Work to complete: From the listing below, return each line that includes "have".

━━ Provided entries ━━

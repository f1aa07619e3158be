//! Laws of a connection that is served, from its begin to its end, whatever others do between two of its steps.
//!
//! `shepherd` and `served_items` say what each step of a connection keeps, in laws of one idea each. Here they are put
//! together, so that a loop that drives a connection has one fact to keep, and is told at its end what was served:
//!
//! ```text
//! Serves          over its course so far, the history of its container, what its link has counted, and the moment
//!                 that the clock told last
//! ServesSoFar     the same where memory was wanted: what was served by then
//! HasEnded        it has ended, and has served all requests of its bytes
//! HasServedToHere it waits for more bytes, and has served all requests of those that came
//! HasServedWhole  it was left between two requests: it has served the first requests of its bytes
//! HasStopped      memory was wanted: it has served the first requests, and may have done something for one more
//! ```
//!
//! A `Course` is what was done over a connection, from its begin on: the bytes that were fed to it, what was drawn for
//! its requests, the serial numbers that were found spent, what it put out, its items, the events that it added to the
//! history of its container, the marks that it left in that of the windows, the windows that were full where passes
//! were refused, and the calls of its link that it made. `Begun` is where it began. What an item tells of its session
//! is so over these calls (`specs/Heard`), whatever their order.
//!
//! `connections_are_served_from_their_begin`, `connections_are_served_behind_their_steps` and
//! `requests_join_their_connections` have a clause for each call of a shepherd; `meanwhile` is for all that others do.
//! `connections_stop_where_memory_is_wanted` has one for each call that may want memory, and for what may follow it.
//! `courses_tell_what_was_served` says what follows at an end, and `connections_come_to_rest` when one is reached;
//! `courses_show_what_was_served` takes that apart, item by item. `items_are_no_older_than_their_connection` says where
//! a connection begins, and what its items have seen since; `spent_serials_were_looked_at`, that a serial number that
//! an item tells of as spent was looked at for it; `full_windows_were_found`, that windows that an item tells of as
//! full were so where passes were refused; and `unhindered_items_are_pages`, that the request of an item that is no
//! page was hindered.
//!
//! Where an item is to be told of each response that was put out, memory for it is to be had before the response
//! leaves.
//!
//! There is no code here but functions that do nothing, so there are no wrong bodies to refuse.
#![tactic(auto)]

mod beginning;
mod hindering;
mod showing;
mod stepping;
mod stopping;
mod taking;
mod telling;

pub use beginning::connections_are_served_from_their_begin;
pub use hindering::unhindered_items_are_pages;
pub use showing::courses_show_what_was_served;
pub use stepping::connections_are_served_behind_their_steps;
pub use stopping::connections_stop_where_memory_is_wanted;
pub use taking::requests_join_their_connections;
pub use telling::{
    connections_come_to_rest, courses_tell_what_was_served, full_windows_were_found,
    items_are_no_older_than_their_connection, spent_serials_were_looked_at,
};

━━━

Expected answer:
//! HasStopped      memory was wanted: it has served the first requests, and may have done something for one more
//! `requests_join_their_connections` have a clause for each call of a shepherd; `meanwhile` is for all that others do.
//! a connection begins, and what its items have seen since; `spent_serials_were_looked_at`, that a serial number that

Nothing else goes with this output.